Canadian Sex Workers Challenge Constitutionality of 'Nordic Model' Law

Canadian Sex Workers Challenge Constitutionality of 'Nordic Model' Law

TORONTO — A coalition of sex workers and sex work advocacy groups is fighting in an Ontario court to have an anti-sex-work law repealed in Canada.

Public hearings took place last week in Ontario Superior Court in downtown Toronto over a lawsuit filed by the Canadian Alliance for Sex Work Law Reform (CASWLR), comprising 25 sex worker-led groups representing thousands of sex workers in Canada. The group is challenging the constitutionality of the Protection of Communities and Exploited Persons Act (PCEPA), passed in 2014 by the then-Conservative government under Prime Minister Stephen Harper.

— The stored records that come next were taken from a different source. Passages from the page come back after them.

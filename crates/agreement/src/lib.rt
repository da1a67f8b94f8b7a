// Whether what a check of a stored image gives agrees with the oracle's answer, as
// docs/STORED_ANSWERS.md has them.
#![tactic(auto)]

ghost use Rattle.std.specs.Prelude.{◌≡◌};
ghost use Rattle.stored.specs.Files.{said};
ghost use Rattle.agreement.specs.Agreement.{refusal_agreement, results_agreement, agreement, Leaves};

use agreement_diagnostics::compare_diagnostics;
use agreement_filled::filled_agrees;
use base::part_of;
use oce_diag::Counted;
use oce_model::{LONGEST_IMAGE, Refusal};
use oce_validate::check;
use stored::{Answer, Record, Results};

// The most bytes that the report of a stored image has.
const LONGEST_REPORT: usize = 131072;

// What differs first.
#[derive(Clone, Copy)]
pub enum Difference {
    // The refusal here, if the image is refused here.
    Refusal(Option<Refusal>),
    Counts,
    // The first diagnostic that differs.
    Diagnostic(usize),
    Filled,
}

// A refusal here beside the stored answer.
#[tactic(auto, unfolding(crate::specs::Agreement::same_refusal))]
fn compare_refusal(stored: Answer, here: Refusal) -> Result<(), Difference>
    ensures { result ≡ refusal_agreement (said stored) here }
{
    match stored.said() {
        Err(refusal) if refusal == here => Ok(()),
        _ => Err(Difference::Refusal(Some(here))),
    }
}

// Counts, report and filled image beside the stored results, whose record ends at an offset of the file.
fn compare_results(
    file: &[u8],
    end: usize,
    stored: Results,
    image: &[u8],
    here: Counted,
    filled: &[u8],
    report: &[u8],
) -> Result<(), Difference>
    requires { Leaves image.now here filled.now report.now }
    ensures { result ≡ results_agreement file.now end stored image.now }
{
    if stored.counted != here {
        return Err(Difference::Counts);
    }
    let found = compare_diagnostics(file, stored.diagnostics, image, report, here.total());
    let at = found.map_err(Difference::Diagnostic)?;
    if !filled_agrees(file, at, stored.filled, end, image, filled) {
        return Err(Difference::Filled);
    }
    Ok(())
}

// Checks the image of a stored record, and compares what that gives with the record.
pub fn compare(file: &[u8], stored: Record) -> Result<(), Difference>
    ensures { result ≡ agreement file.now stored }
{
    let mut filled = [0u8; LONGEST_IMAGE];
    let mut report = [0u8; LONGEST_REPORT];
    let image = part_of(file, stored.image, stored.len);
    match check(image, &mut filled, &mut report) {
        Err(refusal) => compare_refusal(stored.answer, refusal),
        Ok(counted) => match stored.answer.said() {
            Err(_) => Err(Difference::Refusal(None)),
            Ok(None) => Ok(()),
            Ok(Some(results)) => {
                compare_results(file, stored.end, results, image, counted, &filled, &report)
            }
        },
    }
}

PCEPA was created in response to a 2013 Canadian Supreme Court decision that struck down several criminal prohibitions on sex work as unconstitutional, on the grounds that they were harmful to sex workers and infringed on their rights to liberty and security. 

The Conservative government skirted this by decriminalizing the selling of sexual services but criminalizing the purchasing of those services, following what is known as the "Nordic Model."

The current CASWLR court case challenges this premise, backed by substantive research and evidence that the criminalizing of clients under the Nordic Model ultimately harms sex workers.

“PCEPA criminalizes communicating to sell sexual services in public, communicating to purchase sexual services in any context, facilitating or receiving a benefit related to the purchase of someone else's sexual services, and advertising sexual services,” CASWLR told Canadian public broadcaster CBC. “Sex workers are criminalized, stigmatized and discriminated against under PCEPA.”

According to CASWLR National Coordinator Jenn Clamen, the government misrepresented the effects of the 2014 law.

“When you criminalize the purchase of sex, sexual services, you are putting sex workers in a context of criminalization at all times,” Clamen told Global News.

Canada's Minister of Justice Weighs In

Canadian Minister of Justice and Attorney General David Lametti told Global News through a rep that he would always work to make sure the nation's criminal laws “effectively meet their objectives, keep all Canadians safe, and are consistent with the Charter of Rights and Freedoms.”

“With respect to the current laws, the five-year parliamentary review of the former Bill C-36 was an appropriate forum for parliamentarians to examine the full range of effects that this legislation has had since its coming into force,” the government rep continued.

The justice minister is reportedly currently reviewing the findings of the review committee to formulate a response.

Lametti is a member of the Liberal Party minority government under Prime Minister Justin Trudeau. At the time PCEPA was passed, the then-opposition Liberals voted against it in the House of Commons and vowed, when campaigning, to reform the law upon taking office — a promise CASWLR says they’ve reneged on.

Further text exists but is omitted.